SNP calling exercise part 2 answers
Q1
First running:
gatk VariantFiltration -V NA24694.vcf.gz -O NA24694_hf.vcf.gz -filter "DP < 10.0" --filter-name "DP" -filter "QUAL < 30.0" --filter-name "QUAL30" -filter "SOR > 3.0" --filter-name "SOR3" -filter "FS > 60.0" --filter-name "FS60" -filter "MQ < 40.0" --filter-name "MQ40"
and
bcftools view -H NA24694_hf.vcf.gz |grep -v PASS |wc -l
Gives us 4005 sites.
bcftools view -H --type=snps NA24694_hf.vcf.gz |grep -v PASS |wc -l
2630 SNPs
Q2
One possibility is:
bcftools view -H NA24694_hf.vcf.gz |grep -v PASS |cut -f 7 |sort |uniq -c |sort -n 5 FS60;SOR3 30 DP;MQ40;SOR3 74 MQ40;SOR3 158 DP;SOR3 197 DP;MQ40 390 MQ40 1340 SOR3 1811 DP
This says remove all lines with the string "PASS", extract the seventh column, sort them, unique and count them, sort again but according to numerical order.

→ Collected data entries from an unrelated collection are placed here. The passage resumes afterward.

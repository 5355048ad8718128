//! The report of a named capture, from the tables of both families.

ghost use Rattle.std.specs.Prelude.{◌≡◌};
ghost use Rattle.table_sizes.specs.Groups.{ip4_key_len, ip6_key_len};
ghost use Rattle.command_ending.specs.StepEffects.{outside};
ghost use Rattle.capture_report.specs.CaptureOutcome.{refusal};
ghost use Rattle.capture_report.specs.PrintsCapture.{PrintsCapture};

use crate::conductor::print_records;
use crate::form::{FormByTables, PrintOptions};
use crate::room::Room;
use acl_outside::{Desk, Failed, Sink};
use command_ending::Status;
use flat_table::{Steps, Table};
use pcap_reader::{BeginFault, CaptureFault};
use pcapng_reader::AnyCapture;
use std::alloc::{AllocError, Global};
use std::sync::ledger::Ledger;

/// Prints what the tables of both families answer for the packets of the named capture: a line for
/// each record, and after a whole capture the line of the counts and, where they are asked for,
/// those of the tables and of the transitions. The capture is a savefile of libpcap or a pcapng
/// file, as its first bytes say.
///
/// The keys of the tables have 13 and 37 bytes. At most 64 records are read ahead of their lines,
/// and their keys are walked a batch at a time; `steps` rises by the transitions. All memory is
/// taken before the first byte is put. `CaptureRefused`, `ReadFault`: the lines of the records
/// before the fault were put. `WriteFault`: a first part of the text was put. `OutOfMemory`:
/// nothing was put.
pub fn print_packets<D: Desk, O: Sink, L: Ledger>(
    alloc: Global,
    ip4: &Table,
    ip6: &Table,
    capture: &str,
    options: &PrintOptions,
    desk: &mut D,
    out: &mut O,
    steps: &mut Steps<L>,
) -> Status
    requires ip4 { ip4.now.key_len ≡ ip4_key_len }
    requires ip6 { ip6.now.key_len ≡ ip6_key_len }
    ensures { PrintsCapture (record { ip4 = ip4.now; ip6 = ip6.now }) options.now capture.now
        (outside (D.view desk.old) (O.view out.old) steps.old)
        (outside (D.view desk.new) (O.view out.new) steps.new) result }
{
    let form = FormByTables::new(ip4, ip6, *options);
    let mut room = match Room::new(alloc) {
        Ok(room) => room,
        Err(AllocError) => return Status::OutOfMemory,
    };
    match desk.open_file(capture) {
        Ok(()) => {}
        Err(Failed) => return Status::ReadFault,
    }
    match AnyCapture::begin(alloc, desk) {
        Ok(mut capture) => print_records(&form, &mut capture, &mut room, desk, out, steps),
        Err(BeginFault::Capture(fault)) => refused(fault),
        Err(BeginFault::OutOfMemory) => Status::OutOfMemory,
    }
}

/// The status of a fault of a capture.
pub fn refused(fault: CaptureFault) -> Status
    ensures { result ≡ refusal fault }
{
    match fault {
        CaptureFault::ReadFault => Status::ReadFault,
        fault => Status::CaptureRefused(fault),
    }
}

At the bottom, you have the most used filter which is depth of coverage.
Q3
Initially, we isolate the ones that pass the filter:
bcftools view -f PASS NA24694_hf.vcf.gz |bgzip -c > NA24694_hf_pass.vcf.gz bcftools view -H NA24694_hf_pass.vcf.gz |wc -l
88594 total sites (SNPS+indels+multi-allelic).
Then we retain the sites using bedtools:
bedtools intersect -header -a NA24694_hf_pass.vcf.gz -b /home/databases/databases/GRCh38/filter99.bed.gz |bgzip -c > NA24694_hf_map99.vcf.gz
bcftools view -H NA24694_hf_map99.vcf.gz |wc -l
51624 total sites remain
Q4 Using:
java -jar /home/ctools/snpEff/snpEff.jar eff -dataDir /home/databases/databases/snpEff/ -htmlStats NA24694_hf.html GRCh38.99 NA24694_hf.vcf.gz |bgzip -c > NA24694_hf_ann.vcf.gz
In the HTML file you see: Intron 64.368%
Q5 In the HTML file you see:
MISSENSE 584 44.242%
So a total of 584 detecting mutations can have an impact on the protein sequence.